Collected data
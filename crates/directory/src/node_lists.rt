//! The entries of a directory as a list: read as far as an edit wants them, and edited.
ghost use Rattle.std.specs.Prelude.{◌≡◌, ℕ, ◌+◌, ◌≤◌, true, false, length, Some, None, IsSome, IfOk, IfSome};
ghost use Rattle.std.specs.Option.{is_some};
ghost use Rattle.fs_types.specs.declared.limits.TheConstants.{MAX_ENTRIES};
ghost use Rattle.fs_types.specs.Names.{same_name};
ghost use Rattle.nodes.specs.Faults.{IsLookFault};
ghost use Rattle.nodes.specs.Words.{LooksWithin};
ghost use Rattle.node_format.specs.Items.{is_place, named_place};
ghost use Rattle.node_format.specs.Edits.{IsEdited};
ghost use Rattle.nodes.specs.Chains.{entries_in, items_in, link_of};
ghost use Rattle.directory.specs.Counts.{read_nodes};
ghost use Rattle.directory.specs.Moves.{IsEditedTwice};
ghost use Rattle.directory.specs.Reads as spec;
ghost use Rattle.directory.specs.Trails.{takes};

use fs_types::{CHAIN_NODES, Fault, Name};
use node_format::{Entries, EntryList, Place, Spelled};
use nodes::Nodes;
use std::alloc::{AllocError, Global};

/// What was read with a node: whether it has an entry of the name, and the block of the node after it.
#[derive(Clone, Copy)]
struct Seen {
    has_name: bool,
    next: u32,
}

/// Reads the node in a block, one of a directory, and appends its entries to a list. The node is
/// taken out of memory: the one that is written in its place comes in.
fn append_node<N: Nodes>(
    nodes: &mut N,
    block: u32,
    name: &Name,
    list: &mut Spelled,
) -> Result<Seen, Fault>
    requires sound { N.is_sound nodes.old }
    requires there { spec.MayAppend (link_of (N.node nodes.old block)) list.old }
    ensures appended { IfOk result (λ seen. spec.IsAppended (link_of (N.node nodes.old block)) name.now list.old list.new seen.has_name seen.next) }
    ensures calls { LooksWithin N.Nodes IsLookFault 1 nodes.old result nodes.new }
    ensures reads { N.reads nodes.new ≡ N.reads nodes.old + 1 }
{
    nodes.read(block)?;
    let Some((node, split)) = Entries::split(nodes.lent(), name.as_bytes()) else {
        unreachable!()
    };
    let has_name = split.found.is_some();
    list.extend(&node.list())?;
    let next = node.next();
    nodes.supersede(block);
    Ok(Seen { has_name, next })
}

/// Whether an edit of a name wants no more nodes than were read: none is left, or the name has
/// another place put and was found.
fn is_enough(puts: bool, seen: Seen) -> bool
    ensures { result ≡ spec.is_enough puts seen.has_name seen.next }
{
    seen.next == 0 || (puts && seen.has_name)
}

/// The entries of the directory that begins in a block, as far as an edit wants them that leads a
/// name to a place, or to nothing, with the block of the node after them, or 0: where a place is put
/// under a name that is there, those of the nodes up to the one with the name; else all.
pub(crate) fn read_list<N: Nodes>(
    alloc: Global,
    nodes: &mut N,
    block: u32,
    name: &Name,
    place: Option<Place>,
) -> Result<(Spelled, u32), Fault>
    requires sound { N.is_sound nodes.old }
    requires there { IsSome (entries_in (N.node nodes.old) block) }

    // What was read.
    ensures read { IfOk result (λ r. (left : ℕ) × spec.IsReadTo (N.node nodes.old) block left r.0 r.1) }
    ensures enough { IfOk result (λ r. spec.IsEnough r.0 r.1 name.now (is_some place)) }

    // What it is refused with, and what it asks for.
    ensures calls { LooksWithin N.Nodes IsLookFault (read_nodes (items_in (N.node nodes.old) block) name.now (is_some place)) nodes.old result nodes.new }
{
    let puts = place.is_some();
    let mut list = Spelled::new(alloc);
    let mut seen = append_node(nodes, block, name, &mut list)?;
    for _ in 1..CHAIN_NODES {
        if is_enough(puts, seen) {
            return Ok((list, seen.next));
        }
        seen = append_node(nodes, seen.next, name, &mut list)?;
    }
    Ok((list, seen.next))
}

/// The entries with a name leading to a place, or to nothing.
pub(crate) fn edit_list(
    alloc: Global,
    list: &EntryList<'_>,
    name: &Name,
    place: Option<Place>,
) -> Result<Spelled, AllocError>
    requires place { IfSome place (λ p. is_place p ≡ true) }
    requires takes { takes (Some list.now) name.now place ≡ true }
    ensures { IfOk result (λ new. IsEdited list.now name.now place new) }
{
    match place {
        Some(place) => list.with_entry(alloc, name.as_bytes(), place),
        None => list.without_entry(alloc, name.as_bytes()),
    }
}

/// The entries with one of their names leading to a place, or to nothing, and another name to another
/// place. A name that is taken out is so first, and makes room.
pub(crate) fn edit_list_twice(
    alloc: Global,
    list: &EntryList<'_>,
    name: &Name,
    gone: Option<Place>,
    other: &Name,
    here: Option<Place>,
) -> Result<Spelled, AllocError>
    requires gone { IfSome gone (λ p. is_place p ≡ true) }
    requires here { IfSome here (λ p. is_place p ≡ true) }
    requires apart { same_name name.now other.now ≡ false }
    requires few { length list.now ≤ MAX_ENTRIES }
    requires named { IsSome (named_place list.now name.now) }
    requires room { IsSome gone → takes (Some list.now) other.now here ≡ true }
    ensures { IfOk result (λ new. IsEditedTwice list.now name.now gone other.now here new) }
{
    if gone.is_none() {
        let without = edit_list(alloc, list, name, gone)?;
        return edit_list(alloc, &without.list(), other, here);
    }
    let with = edit_list(alloc, list, other, here)?;
    edit_list(alloc, &with.list(), name, gone)
}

> _DESCRIPTION OF THE TASK_
The records above must be retyped in full, exactly as written.

> _EXPECTED OUTPUT_
filename crates/directory/src/node_lists.rt
//! The entries of a directory as a list: read as far as an edit wants them, and edited.
ghost use Rattle.std.specs.Prelude.{◌≡◌, ℕ, ◌+◌, ◌≤◌, true, false, length, Some, None, IsSome, IfOk, IfSome};
ghost use Rattle.std.specs.Option.{is_some};
ghost use Rattle.fs_types.specs.declared.limits.TheConstants.{MAX_ENTRIES};
ghost use Rattle.fs_types.specs.Names.{same_name};
ghost use Rattle.nodes.specs.Faults.{IsLookFault};
ghost use Rattle.nodes.specs.Words.{LooksWithin};
ghost use Rattle.node_format.specs.Items.{is_place, named_place};
ghost use Rattle.node_format.specs.Edits.{IsEdited};
ghost use Rattle.nodes.specs.Chains.{entries_in, items_in, link_of};
ghost use Rattle.directory.specs.Counts.{read_nodes};
ghost use Rattle.directory.specs.Moves.{IsEditedTwice};
ghost use Rattle.directory.specs.Reads as spec;
ghost use Rattle.directory.specs.Trails.{takes};

use fs_types::{CHAIN_NODES, Fault, Name};
use node_format::{Entries, EntryList, Place, Spelled};
use nodes::Nodes;
use std::alloc::{AllocError, Global};

/// What was read with a node: whether it has an entry of the name, and the block of the node after it.
#[derive(Clone, Copy)]
struct Seen {
    has_name: bool,
    next: u32,
}

/// Reads the node in a block, one of a directory, and appends its entries to a list. The node is
/// taken out of memory: the one that is written in its place comes in.
fn append_node<N: Nodes>(
    nodes: &mut N,
    block: u32,
    name: &Name,
    list: &mut Spelled,
) -> Result<Seen, Fault>
    requires sound { N.is_sound nodes.old }
    requires there { spec.MayAppend (link_of (N.node nodes.old block)) list.old }
    ensures appended { IfOk result (λ seen. spec.IsAppended (link_of (N.node nodes.old block)) name.now list.old list.new seen.has_name seen.next) }
    ensures calls { LooksWithin N.Nodes IsLookFault 1 nodes.old result nodes.new }
    ensures reads { N.reads nodes.new ≡ N.reads nodes.old + 1 }
{
    nodes.read(block)?;
    let Some((node, split)) = Entries::split(nodes.lent(), name.as_bytes()) else {
        unreachable!()
    };
    let has_name = split.found.is_some();
    list.extend(&node.list())?;
    let next = node.next();
    nodes.supersede(block);
    Ok(Seen { has_name, next })
}

/// Whether an edit of a name wants no more nodes than were read: none is left, or the name has
/// another place put and was found.
fn is_enough(puts: bool, seen: Seen) -> bool
    ensures { result ≡ spec.is_enough puts seen.has_name seen.next }
{
    seen.next == 0 || (puts && seen.has_name)
}

/// The entries of the directory that begins in a block, as far as an edit wants them that leads a
/// name to a place, or to nothing, with the block of the node after them, or 0: where a place is put
/// under a name that is there, those of the nodes up to the one with the name; else all.
pub(crate) fn read_list<N: Nodes>(
    alloc: Global,
    nodes: &mut N,
    block: u32,
    name: &Name,
    place: Option<Place>,
) -> Result<(Spelled, u32), Fault>
    requires sound { N.is_sound nodes.old }
    requires there { IsSome (entries_in (N.node nodes.old) block) }

    // What was read.
    ensures read { IfOk result (λ r. (left : ℕ) × spec.IsReadTo (N.node nodes.old) block left r.0 r.1) }
    ensures enough { IfOk result (λ r. spec.IsEnough r.0 r.1 name.now (is_some place)) }

    // What it is refused with, and what it asks for.
    ensures calls { LooksWithin N.Nodes IsLookFault (read_nodes (items_in (N.node nodes.old) block) name.now (is_some place)) nodes.old result nodes.new }
{
    let puts = place.is_some();
    let mut list = Spelled::new(alloc);
    let mut seen = append_node(nodes, block, name, &mut list)?;
    for _ in 1..CHAIN_NODES {
        if is_enough(puts, seen) {
            return Ok((list, seen.next));
        }
        seen = append_node(nodes, seen.next, name, &mut list)?;
    }
    Ok((list, seen.next))
}

/// The entries with a name leading to a place, or to nothing.
pub(crate) fn edit_list(
    alloc: Global,
    list: &EntryList<'_>,
    name: &Name,
    place: Option<Place>,
) -> Result<Spelled, AllocError>
    requires place { IfSome place (λ p. is_place p ≡ true) }
    requires takes { takes (Some list.now) name.now place ≡ true }
    ensures { IfOk result (λ new. IsEdited list.now name.now place new) }
{
    match place {
        Some(place) => list.with_entry(alloc, name.as_bytes(), place),
        None => list.without_entry(alloc, name.as_bytes()),
    }
}

/// The entries with one of their names leading to a place, or to nothing, and another name to another
/// place. A name that is taken out is so first, and makes room.
pub(crate) fn edit_list_twice(
    alloc: Global,
    list: &EntryList<'_>,
    name: &Name,
    gone: Option<Place>,
    other: &Name,
    here: Option<Place>,
) -> Result<Spelled, AllocError>
    requires gone { IfSome gone (λ p. is_place p ≡ true) }
    requires here { IfSome here (λ p. is_place p ≡ true) }
    requires apart { same_name name.now other.now ≡ false }
    requires few { length list.now ≤ MAX_ENTRIES }
    requires named { IsSome (named_place list.now name.now) }
    requires room { IsSome gone → takes (Some list.now) other.now here ≡ true }
    ensures { IfOk result (λ new. IsEditedTwice list.now name.now gone other.now here new) }
{
    if gone.is_none() {
        let without = edit_list(alloc, list, name, gone)?;
        return edit_list(alloc, &without.list(), other, here);
    }
    let with = edit_list(alloc, list, other, here)?;
    edit_list(alloc, &with.list(), name, gone)
}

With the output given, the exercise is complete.